### [YOUR OBJECTIVE]
From the data below, set down exactly the lines between the one holding "pub(crate) fn succeed(rt: &impl" and the one holding "of the chart.", inclusive, and no others.

### [DATA EXCERPTS]
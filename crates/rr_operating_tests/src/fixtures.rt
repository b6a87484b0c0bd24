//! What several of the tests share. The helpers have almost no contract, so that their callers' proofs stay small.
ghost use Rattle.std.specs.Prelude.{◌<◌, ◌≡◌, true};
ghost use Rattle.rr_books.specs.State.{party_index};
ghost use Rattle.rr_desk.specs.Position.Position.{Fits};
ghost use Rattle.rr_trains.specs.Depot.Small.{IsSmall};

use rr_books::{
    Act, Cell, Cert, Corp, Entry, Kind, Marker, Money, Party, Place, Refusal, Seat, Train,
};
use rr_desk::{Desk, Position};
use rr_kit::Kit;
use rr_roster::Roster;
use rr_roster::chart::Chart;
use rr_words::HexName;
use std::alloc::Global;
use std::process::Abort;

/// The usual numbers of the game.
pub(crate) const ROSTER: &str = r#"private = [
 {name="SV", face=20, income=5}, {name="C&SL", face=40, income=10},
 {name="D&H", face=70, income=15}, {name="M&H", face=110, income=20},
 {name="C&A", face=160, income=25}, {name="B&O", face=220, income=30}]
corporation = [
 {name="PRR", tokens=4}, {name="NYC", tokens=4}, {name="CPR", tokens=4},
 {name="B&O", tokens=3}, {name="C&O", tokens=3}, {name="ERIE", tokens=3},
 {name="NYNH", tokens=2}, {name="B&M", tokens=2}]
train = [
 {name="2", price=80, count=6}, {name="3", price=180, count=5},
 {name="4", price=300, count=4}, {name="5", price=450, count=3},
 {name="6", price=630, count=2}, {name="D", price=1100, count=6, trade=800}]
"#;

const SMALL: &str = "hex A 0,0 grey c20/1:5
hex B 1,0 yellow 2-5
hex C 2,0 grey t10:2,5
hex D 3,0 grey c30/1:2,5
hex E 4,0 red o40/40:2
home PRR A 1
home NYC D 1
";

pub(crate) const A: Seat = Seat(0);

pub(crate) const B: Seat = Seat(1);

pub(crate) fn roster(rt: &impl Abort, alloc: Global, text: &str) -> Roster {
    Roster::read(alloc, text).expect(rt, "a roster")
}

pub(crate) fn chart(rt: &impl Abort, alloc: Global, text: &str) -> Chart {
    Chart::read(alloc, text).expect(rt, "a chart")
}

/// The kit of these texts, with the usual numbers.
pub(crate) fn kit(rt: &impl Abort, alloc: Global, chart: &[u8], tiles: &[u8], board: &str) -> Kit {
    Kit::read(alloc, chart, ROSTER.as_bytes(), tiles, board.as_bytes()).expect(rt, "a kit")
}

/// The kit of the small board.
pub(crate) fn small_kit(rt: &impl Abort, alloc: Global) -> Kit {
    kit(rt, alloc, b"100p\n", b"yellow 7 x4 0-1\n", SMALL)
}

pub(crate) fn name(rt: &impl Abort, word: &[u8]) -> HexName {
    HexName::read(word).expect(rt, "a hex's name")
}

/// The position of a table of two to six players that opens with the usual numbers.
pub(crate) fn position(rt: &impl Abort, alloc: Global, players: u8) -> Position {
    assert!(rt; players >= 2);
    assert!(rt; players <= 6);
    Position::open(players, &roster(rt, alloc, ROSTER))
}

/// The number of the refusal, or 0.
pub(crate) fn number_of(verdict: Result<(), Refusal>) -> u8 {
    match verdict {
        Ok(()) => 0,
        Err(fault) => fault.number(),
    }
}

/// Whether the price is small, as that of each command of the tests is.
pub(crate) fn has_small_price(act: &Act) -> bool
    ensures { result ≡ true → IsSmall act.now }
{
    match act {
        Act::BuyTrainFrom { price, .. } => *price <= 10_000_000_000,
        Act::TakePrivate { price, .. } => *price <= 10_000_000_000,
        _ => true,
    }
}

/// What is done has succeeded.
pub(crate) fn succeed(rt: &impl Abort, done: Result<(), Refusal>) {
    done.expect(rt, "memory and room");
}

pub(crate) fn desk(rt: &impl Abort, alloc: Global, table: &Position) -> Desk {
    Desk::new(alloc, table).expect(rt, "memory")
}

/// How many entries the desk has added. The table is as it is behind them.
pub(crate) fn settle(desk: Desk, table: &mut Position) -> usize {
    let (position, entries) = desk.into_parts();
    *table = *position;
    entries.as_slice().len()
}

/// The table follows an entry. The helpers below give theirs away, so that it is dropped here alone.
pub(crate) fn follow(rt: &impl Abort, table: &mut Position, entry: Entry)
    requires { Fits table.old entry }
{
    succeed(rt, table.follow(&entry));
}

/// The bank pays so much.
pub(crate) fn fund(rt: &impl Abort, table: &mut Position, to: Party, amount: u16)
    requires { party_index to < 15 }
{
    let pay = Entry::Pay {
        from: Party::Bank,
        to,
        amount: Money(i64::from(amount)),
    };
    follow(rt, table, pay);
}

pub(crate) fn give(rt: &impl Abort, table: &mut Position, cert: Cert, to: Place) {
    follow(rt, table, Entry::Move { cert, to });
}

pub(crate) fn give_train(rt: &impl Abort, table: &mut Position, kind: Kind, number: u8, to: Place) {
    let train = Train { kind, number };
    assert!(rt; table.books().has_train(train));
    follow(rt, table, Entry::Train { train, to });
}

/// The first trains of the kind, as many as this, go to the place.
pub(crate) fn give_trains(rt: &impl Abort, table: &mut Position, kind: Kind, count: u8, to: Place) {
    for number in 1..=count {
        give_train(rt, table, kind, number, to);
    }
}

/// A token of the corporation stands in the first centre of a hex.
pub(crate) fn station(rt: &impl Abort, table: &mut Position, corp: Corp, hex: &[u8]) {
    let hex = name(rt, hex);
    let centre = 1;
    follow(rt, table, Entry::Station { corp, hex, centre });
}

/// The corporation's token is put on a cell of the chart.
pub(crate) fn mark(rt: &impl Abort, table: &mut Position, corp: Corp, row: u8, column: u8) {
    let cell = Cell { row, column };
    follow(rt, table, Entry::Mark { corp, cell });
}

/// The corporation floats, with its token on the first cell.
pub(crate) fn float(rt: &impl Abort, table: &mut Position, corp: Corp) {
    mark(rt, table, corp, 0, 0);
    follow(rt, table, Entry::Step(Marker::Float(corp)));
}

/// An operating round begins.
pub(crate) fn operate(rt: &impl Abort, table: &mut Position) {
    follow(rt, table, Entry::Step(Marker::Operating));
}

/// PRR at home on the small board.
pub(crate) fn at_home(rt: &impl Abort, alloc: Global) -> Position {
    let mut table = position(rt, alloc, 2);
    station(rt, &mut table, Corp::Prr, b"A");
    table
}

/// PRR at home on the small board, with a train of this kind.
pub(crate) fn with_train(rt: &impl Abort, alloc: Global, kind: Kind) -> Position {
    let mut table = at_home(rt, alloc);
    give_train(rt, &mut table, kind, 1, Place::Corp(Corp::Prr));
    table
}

### [OUTPUT OF THE EXERCISE]
pub(crate) fn succeed(rt: &impl Abort, done: Result<(), Refusal>) {
    done.expect(rt, "memory and room");
}

pub(crate) fn desk(rt: &impl Abort, alloc: Global, table: &Position) -> Desk {
    Desk::new(alloc, table).expect(rt, "memory")
}

/// How many entries the desk has added. The table is as it is behind them.
pub(crate) fn settle(desk: Desk, table: &mut Position) -> usize {
    let (position, entries) = desk.into_parts();
    *table = *position;
    entries.as_slice().len()
}

/// The table follows an entry. The helpers below give theirs away, so that it is dropped here alone.
pub(crate) fn follow(rt: &impl Abort, table: &mut Position, entry: Entry)
    requires { Fits table.old entry }
{
    succeed(rt, table.follow(&entry));
}

/// The bank pays so much.
pub(crate) fn fund(rt: &impl Abort, table: &mut Position, to: Party, amount: u16)
    requires { party_index to < 15 }
{
    let pay = Entry::Pay {
        from: Party::Bank,
        to,
        amount: Money(i64::from(amount)),
    };
    follow(rt, table, pay);
}

pub(crate) fn give(rt: &impl Abort, table: &mut Position, cert: Cert, to: Place) {
    follow(rt, table, Entry::Move { cert, to });
}

pub(crate) fn give_train(rt: &impl Abort, table: &mut Position, kind: Kind, number: u8, to: Place) {
    let train = Train { kind, number };
    assert!(rt; table.books().has_train(train));
    follow(rt, table, Entry::Train { train, to });
}

/// The first trains of the kind, as many as this, go to the place.
pub(crate) fn give_trains(rt: &impl Abort, table: &mut Position, kind: Kind, count: u8, to: Place) {
    for number in 1..=count {
        give_train(rt, table, kind, number, to);
    }
}

/// A token of the corporation stands in the first centre of a hex.
pub(crate) fn station(rt: &impl Abort, table: &mut Position, corp: Corp, hex: &[u8]) {
    let hex = name(rt, hex);
    let centre = 1;
    follow(rt, table, Entry::Station { corp, hex, centre });
}

/// The corporation's token is put on a cell of the chart.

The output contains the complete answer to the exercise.